● **What is required**
For the word "with", state how many lines below contain it. Give no other text.

:: Records for this task

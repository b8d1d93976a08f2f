//! What is said of one of several files.

ghost use Rattle.std.specs.Prelude.{◌≡◌, ◌≢◌, [], slice_index_or, IfOk};
ghost use Rattle.bib_answers.specs.Outcome.{answer_of};
ghost use Rattle.bib_answers.specs.Messages.{refusal_in};

use bib_answers::{Answer, refusal_in, refused};
use bib_shelf::ShelfFault;
use bib_text::Text;
use std::alloc::{AllocError, Global};

/// The name with this number, from 0; nothing if there are not so many names.
pub fn name_of(names: &[Text], i: usize) -> &[u8]
    ensures { result.now ≡ slice_index_or names.now i [] }
{
    match names.get(i) {
        Some(name) => name.as_slice(),
        None => b"",
    }
}

/// The answer whose message says why files with these names are not read as one. If memory ran out, there is no answer.
pub fn unread_in(alloc: Global, names: &[Text], fault: ShelfFault) -> Result<Answer, AllocError>
    ensures { IfOk result (λ answer. (fault.kind ≢ 10) × (answer ≡ answer_of [] (refusal_in fault.kind fault.place (slice_index_or names.now fault.file [])) 1)) }
{
    if fault.is_memory() {
        return Err(AllocError);
    }
    let name = name_of(names, fault.file);
    let message = refusal_in(alloc, fault.kind, fault.place, name)?;
    Ok(refused(alloc, message))
}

::::

● **Answer area**
2